Los modelos especializados en matemáticas me decepcionaron, pero puede ser un problema de sesgo al preguntar en español, y recomiendo mejor para fines de matemáticas en español las versiones generales de qwen2.5:7b y qwen2.5:14b.
En las versiones especializadas de código, mi recomendación se mantiene también en la familia de qwen2.5, con su variante de qwen2.5-coder, desde la versión de qwen2.5-coder:3b (útil si no posees GPU, pero qwen2.5-coder:7b en GPU es un buen balance sin un consumo excesivo de recursos). Es importante usar las versiones especializadas de código porque estas proveen la integración adecuada para autocompletado con los editores de código y respuestas más concretas cuando se pregunta por temas de programación. Una curiosidad sobre qwen2.5-coder:7b, es que es usado como base para el modelo zeta de zed.

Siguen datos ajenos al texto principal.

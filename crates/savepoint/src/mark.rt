// How much of a transaction stood before a savepoint.

/// How much of a transaction stood before a savepoint: the inverses in its undo log, and its holds.
#[derive(Clone, Copy, Debug, PartialEq, Eq)]
pub struct Mark {
    pub undo: usize,
    pub held: usize,
}
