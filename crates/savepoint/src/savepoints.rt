// The savepoints of one transaction.
ghost use Rattle.std.specs.Prelude.{◌≡◌, ◌++◌, [], OnOk, OnErr};
ghost use Rattle.savepoint.specs.Savepoints.{mark_at, with_mark, before_mark, latest_sub};

use model::{OutOfMemory, Xid};
use std::alloc::Global;
use std::collections::BTreeMap;
use std::marker::Model;

/// The savepoints of a transaction, in the order in which they were set: at most one for each
/// subtransaction, with the mark that its owner gave it.
///
/// A clause sees the list of them. To find one takes a look-up among them, and a cut the work of
/// the savepoints that it drops.
#[derive(Debug, Drop)]
pub struct Savepoints<M> {
    marks: Vec<(Xid, M)>,
    indexes: BTreeMap<Xid, usize>,
}

impl<M> Model for Savepoints<M> {
    ghost use Rattle.std.specs.Prelude.{ℕ, List};
    ghost use Rattle.savepoint.specs.Savepoints.{HasIndexes};

    ghost Value = { List (ℕ × M) };

    ghost view = { λ s. s.marks.items };

    ghost invariant = { λ s. HasIndexes s.indexes s.marks.items };
}

impl<M: Copy> Savepoints<M> {
    /// No savepoint. It takes no memory.
    pub fn new(alloc: Global) -> Savepoints<M>
        ensures { result ≡ [] }
    {
        Savepoints {
            marks: Vec::new(alloc),
            indexes: BTreeMap::new(alloc),
        }
    }

    /// Sets a savepoint for a subtransaction that has none, behind all others. Refused for memory,
    /// it changes nothing.
    pub fn note(&mut self, sub: Xid, mark: M) -> Result<(), OutOfMemory>
        ensures ok { OnOk result (self.new ≡ with_mark sub mark self.old) }
        ensures err { OnErr result (self.new ≡ self.old) }
    {
        if self.indexes.contains_key(&sub) {
            return Ok(());
        }
        let index = self.marks.len();
        self.marks.push((sub, mark))?;
        if self.indexes.insert(sub, index).is_err() {
            self.marks.pop();
            return Err(OutOfMemory);
        }
        Ok(())
    }

    /// The mark of a subtransaction's savepoint, if it has one.
    pub fn mark_of(&self, sub: Xid) -> Option<M>
        ensures { result ≡ mark_at sub self.now }
    {
        let index = *self.indexes.get(&sub)?;
        let (_, mark) = self.marks[index];
        Some(mark)
    }

    /// The subtransaction whose savepoint was set last, if there is one. It takes no memory.
    pub fn latest(&self) -> Option<Xid>
        ensures { result ≡ latest_sub self.now }
    {
        let (sub, _) = *self.marks.last()?;
        Some(sub)
    }

    /// A subtransaction's savepoint and all later ones; none without such a savepoint. It takes no
    /// memory.
    pub fn since(&self, sub: Xid) -> &[(Xid, M)]
        ensures { before_mark sub self.now ++ result.now ≡ self.now }
    {
        match self.indexes.get(&sub) {
            Some(index) => self.marks.get(*index..).unwrap_or(&[]),
            None => &[],
        }
    }

    /// Drops a subtransaction's savepoint and all later ones, and answers its mark. It takes no
    /// memory. Without such a savepoint nothing is dropped.
    pub fn cut(&mut self, sub: Xid) -> Option<M>
        ensures mark { result ≡ mark_at sub self.old }
        ensures rest { self.new ≡ before_mark sub self.old }
    {
        let index = *self.indexes.get(&sub)?;
        let (_, mark) = self.marks[index];
        while self.marks.len() > index {
            if let Some((dropped, _)) = self.marks.pop() {
                self.indexes.remove(&dropped);
            }
        }
        Some(mark)
    }
}
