#![tactic(auto)]

// What an open transaction has done, and what a rollback to a savepoint leaves of it.
//
// A streamed transaction is a list of items: changes, relation and type messages that only name a
// subtransaction, and rollbacks of subtransactions. The first item that names a subtransaction sets
// its savepoint, and the rollback of a subtransaction drops its items and all later ones, so the
// items that survive are a cut of the list (PostgreSQL manual: Logical Replication Message Formats,
// Stream Abort; SAVEPOINT, ROLLBACK TO SAVEPOINT). `model`'s `specs/Survivors` says which they are, by
// the list alone.
//
// The code keeps a mark at each savepoint and cuts back to it. `Savepoints` is that list of marks,
// for any kind of mark: to find one costs a look-up, and a cut the marks that it drops, so neither
// grows with the transaction. `specs/Savepoints` says which savepoints items set, and
// `proofs/Cutting` that they are one with the definition: the mark of a subtransaction stands where
// its first item stands, and a cut to it leaves the items before that one and their savepoints. Its
// lemmas are for whoever keeps items or their effects beside the marks.
//
// `TxRecord` is what an open transaction keeps: the items that survive, the mark of each savepoint,
// and the undo log of its changes. Its `cut` leaves the survivors of the definition, and `roll_back`
// undoes the changes that it drops as well. Room for an item and its inverse is made before the
// change is tried, and for a mark when it is set, so a rollback takes no memory.
//
//   mark         `Mark`: what stood before a savepoint
//   savepoints   `Savepoints`: marks in the order in which they were set, found by subtransaction
//   record       `TxRecord`
//
// It stands on `undo` for the log, and on `model` for the items and which of them survive.
mod mark;
mod record;
mod savepoints;

pub use mark::Mark;
pub use model::{CommitInfo, Item, Lsn, Xid};
pub use record::TxRecord;
pub use savepoints::Savepoints;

Si posees una mejor máquina, puedes intentar probar modelos de mayor tamaño, en mi caso con una GPU RTX 2060 y 16 GB de RAM, mi límite llega con los modelos de 14b. Pero ten presente que para tu caso de uso, puede no ser necesario aumentar el modelo, ejemplo, aunque puedo ejecutar qwen2.5:14, no veo beneficios adicionales en mi caso de uso respecto a qwen2.5:7b.